S4、基于上述获得的链接关系特征选择准则，我们就可以实现社交媒体数据的特征选择建模。对于每种关系获得的特征子集，可以通过取并集的形式得到最终的特征集合，以完成后续的社交媒体数据分析，如分类等。S4. Based on the above-obtained link relationship feature selection criteria, we can implement feature selection modeling for social media data. For the feature subset obtained from each relationship, the final feature set can be obtained in the form of a union to complete subsequent social media data analysis, such as classification.

S5、完成了多种分类器的构建之后，，我们就可以针对未知的待评估样本，通过输入甲基化数据实现对于样本属性的预测。S5. After completing the construction of various classifiers, we can predict the attributes of samples by inputting methylation data for unknown samples to be evaluated.

上面仅对本发明的较佳实施例作了详细说明，但是本发明并不限于上述实施例，在本领域普通技术人员所具备的知识范围内，还可以在不脱离本发明宗旨的前提下作出各种变化，各种变化均应包含在本发明的保护范围之内。Only the preferred embodiments of the present invention have been described in detail above, but the present invention is not limited to the above-mentioned embodiments, and within the scope of knowledge possessed by those of ordinary skill in the art, various aspects can also be made without departing from the purpose of the present invention. Various changes should be included within the protection scope of the present invention.

Claims

1. A social media data feature selection method integrating L1 regularization and link attributes, characterized in that:

S1. Input social media data, and its behavior samples are listed as the characteristics of the corresponding social content;

S2. Normalized representation of social media data;

S3. Extract the link relationship of 4 common social media data;

S4, combined with L1 regularization to realize feature selection under the corresponding link relationship;

S5. Take and output feature subsets obtained from different link relationships to obtain a final feature set.

2 . The feature selection method for social media data combining L1 regularization and link attributes according to claim 1 , wherein in the step S1 , normalized representation is performed on social media data including link relationships. 3 .

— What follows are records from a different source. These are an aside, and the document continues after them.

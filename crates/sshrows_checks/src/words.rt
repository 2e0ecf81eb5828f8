//! What an act of a check names, and which words of what was done are right.

use sshchecks::{Asked, Check, Place, Player, Verdict, expected_at, verdict_of};
use sshcore::PeerReading;
use sshneg::Side;
use sshrows_acts::{Line, Stop, number_of, split_word, wrong};
use std::alloc::Global;

/// What stands for the words that a check of the sweep expects, which depend on the number that it sends.
const TABLE: &str = "table";

/// What a check is played to.
#[derive(Clone, Copy)]
pub(crate) struct Target {
    /// The endpoint's role.
    pub(crate) role: Side,
    /// By which grammar it reads the peer's version line.
    pub(crate) reading: PeerReading,
    /// The number that a check of the sweep sends.
    pub(crate) number: Option<u8>,
}

/// `ROLE READING [NUMBER]`.
pub(crate) fn target_of(alloc: Global, act: &Line<'_>, words: &str) -> Result<Target, Stop> {
    let (role, rest) = split_word(words);
    let (reading, number) = split_word(rest);
    let role = match role {
        "client" => Side::Client,
        "server" => Side::Server,
        _ => return wrong(alloc, act, "act", "client or server", role),
    };
    let reading = match reading {
        "strict" => PeerReading::Strict,
        "deployed" => PeerReading::Deployed,
        _ => return wrong(alloc, act, "act", "strict or deployed", reading),
    };
    Ok(Target {
        role,
        reading,
        number: byte_of(alloc, act, number)?,
    })
}

/// The byte that the word spells; none where there is no word.
fn byte_of(alloc: Global, act: &Line<'_>, word: &str) -> Result<Option<u8>, Stop> {
    if word.is_empty() {
        return Ok(None);
    }
    match u8::try_from(number_of(alloc, act, word)?) {
        Ok(number) => Ok(Some(number)),
        Err(_) => wrong(alloc, act, "act", "a number up to 255", word),
    }
}

/// The words that a check expects. Those of a check of the sweep are the phase table's, for the number of the act.
pub(crate) fn expectation_of<'a>(
    alloc: Global,
    act: &Line<'_>,
    target: Target,
    check: &Check<'a>,
) -> Result<&'a str, Stop> {
    match (check.expect == TABLE, target.number) {
        (true, Some(number)) => {
            let place = place_of(alloc, act, check.name)?;
            Ok(expected_at(target.role, place, number))
        }
        (true, None) => wrong(alloc, act, "act", "a number", "none"),
        (false, None) => Ok(check.expect),
        (false, Some(_)) => wrong(alloc, act, "act", "no number", "one"),
    }
}

/// The place of the sweep at which the check of this name sends its number.
fn place_of(alloc: Global, act: &Line<'_>, name: &str) -> Result<Place, Stop> {
    match name {
        "sweep/kexinit" => Ok(Place::KexInit),
        "sweep/kexinit-strict" => Ok(Place::KexInitStrict),
        "sweep/newkeys-strict" => Ok(Place::NewKeysStrict),
        "sweep/service" => Ok(Place::Service),
        "sweep/auth" => Ok(Place::Auth),
        _ => wrong(alloc, act, "check", "a place of the sweep", name),
    }
}

/// Judges what the endpoint did. It has to be what the check names for endpoints of this project with this reading; where it
/// names nothing, one of the words that are expected, or any word where no rule asks for one, or the check doesn't apply.
pub(crate) fn judge_word(
    alloc: Global,
    act: &Line<'_>,
    target: Target,
    check: &Check<'_>,
    player: &Player<'_>,
) -> Result<(), Stop> {
    let ours = match target.reading {
        PeerReading::Strict => check.ours_strict,
        PeerReading::Deployed => check.ours_deployed,
    };
    let did = player.did();
    let is_right = match ours {
        Some(words) => has_word(words, did),
        None => is_let_be(check, did),
    };
    if is_right {
        return Ok(());
    }
    let (name, at) = (check.name, player.at());
    let words = ours.unwrap_or(check.expect);
    let wanted = format!(in alloc; "{words} ({name})")?;
    let found = format!(in alloc; "{did} (at the line '{at}')")?;
    wrong(alloc, act, "did", &wanted, &found)
}

/// Whether it is one of the words, between which `|` stands.
fn has_word(words: &str, did: &str) -> bool {
    words.split('|').any(|word| word == did)
}

/// Whether the check's own words have nothing against what was done. An endpoint of this project is silent only where a check
/// names that for it: else one that answers nothing would keep each check that lets a peer be silent.
fn is_let_be(check: &Check<'_>, did: &str) -> bool {
    match verdict_of(check, did) {
        Verdict::Keeps => did != "silent",
        Verdict::Unclear => check.asked == Asked::Nothing || did == "not_here",
        _ => false,
    }
}
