//! How a check is played in memory: each side is given what the other sends.

use crate::peer::Peer;
use sshchecks::{Check, PlayFault, Player, Setting, Turn};
use sshneg::Side;
use sshrows_acts::{Line, Stop, wrong};
use std::alloc::Global;

/// Plays a check to an endpoint of this role that has sent these bytes, until the check is done or neither side has more to
/// send. Answers the player then, in a box, so that a proof doesn't look into all that it owns at each exit.
pub(crate) fn play<'a>(
    alloc: Global,
    act: &Line<'_>,
    check: &'a Check<'a>,
    setting: Setting<'a>,
    role: Side,
    peer: Peer<'_>,
    answered: Vec<u8>,
) -> Result<Box<Player<'a>>, Stop> {
    let mut player = match Player::new(alloc, role.other(), check, setting) {
        Ok(player) => Box::new(alloc, player)?,
        Err(fault) => return unplayed(alloc, act, fault),
    };
    hand_over(alloc, act, &mut player, &answered, false)?;
    take_turns(alloc, act, &mut player, role, peer)?;
    Ok(player)
}

/// The check can't be played.
fn unplayed<T>(alloc: Global, act: &Line<'_>, fault: PlayFault<'_>) -> Result<T, Stop> {
    match fault {
        PlayFault::Memory => Err(Stop::Memory),
        PlayFault::Form(line) => wrong(alloc, act, "check", "an act that can be played", line),
    }
}

/// Gives the player what the endpoint has sent, and tells it where that was the last.
fn hand_over(
    alloc: Global,
    act: &Line<'_>,
    player: &mut Player<'_>,
    answered: &[u8],
    ends: bool,
) -> Result<(), Stop> {
    if let Err(fault) = player.receive(answered) {
        return unplayed(alloc, act, fault);
    }
    if ends {
        player.end_of_input();
    }
    Ok(())
}

/// Lets both sides take turns.
fn take_turns(
    alloc: Global,
    act: &Line<'_>,
    player: &mut Player<'_>,
    role: Side,
    peer: Peer<'_>,
) -> Result<(), Stop> {
    let mut peer = peer;
    for _ in 0..u32::MAX {
        let (mut sent, mut answered) = (Vec::new(alloc), Vec::new(alloc));
        let turn = match player.play(&mut sent) {
            Ok(turn) => turn,
            Err(fault) => return unplayed(alloc, act, fault),
        };
        let had_ended = peer.has_ended();
        peer = peer.given(alloc, role, &sent, &mut answered)?;
        let ends = peer.has_ended() && !had_ended;
        let is_over = match turn {
            Turn::Acted => false,
            Turn::Waits => answered.is_empty() && !ends,
            Turn::Done => true,
        };
        if is_over {
            break;
        }
        hand_over(alloc, act, player, &answered, ends)?;
    }
    Ok(())
}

3. The feature selection method for social media data combining L1 regularization and link attributes according to claim 2, wherein in the step S2, under the guidance of social relevance theory, various Link relationship, based on the following four link relationships, it can be combined with the existing feature selection method and modeled as a new feature selection rule, so as to realize the feature selection of link data in social media, the link relationship includes 1) Co-post: that is, multiple posts from the same user or social media instances from the same user are more similar; 2) Co-following: that is, if two users follow the same user, then the posts generated by the two users are more similar Similar; 3) Co-followed: that is, if two users are followed by the same user, their posts may be similar; 4) Following: that is, if one user follows another user, the two users may have the same points of interest, and thus their posts may be similar.

4. The social media data feature selection method of merging L1 regularization and link attributes according to claim 3, characterized in that: in the step S3, after completing the construction of the link relationship, we take L1 regularization as the basic feature Select the model and combine the above link relationship to construct a new feature selection optimization object. The optimization objective function of L1 regularization is as follows:

5. The social media data feature selection method of integrating L1 regularization and link attributes according to claim 4, characterized in that: in the step S3, it also includes performing corresponding optimization on the link relationship: for Co-post Link relationship:

Among them, β adjusts the contribution of Co-following,

For the Co-followed link relationship, first introduce the indicator matrix

Among them, BXX ^T +βXHL _FE H ^T X ^T , E=Y ^T X ^T ; for the following link relationship, there are:

6. The feature selection method for social media data combining L1 regularization and link attributes according to claim 5, characterized in that: in the step S4, feature selection of social media data is realized through the obtained link relationship feature selection criteria Modeling, for the feature subset obtained for each relationship, the final feature set is obtained in the form of union, and the subsequent social media data analysis is completed.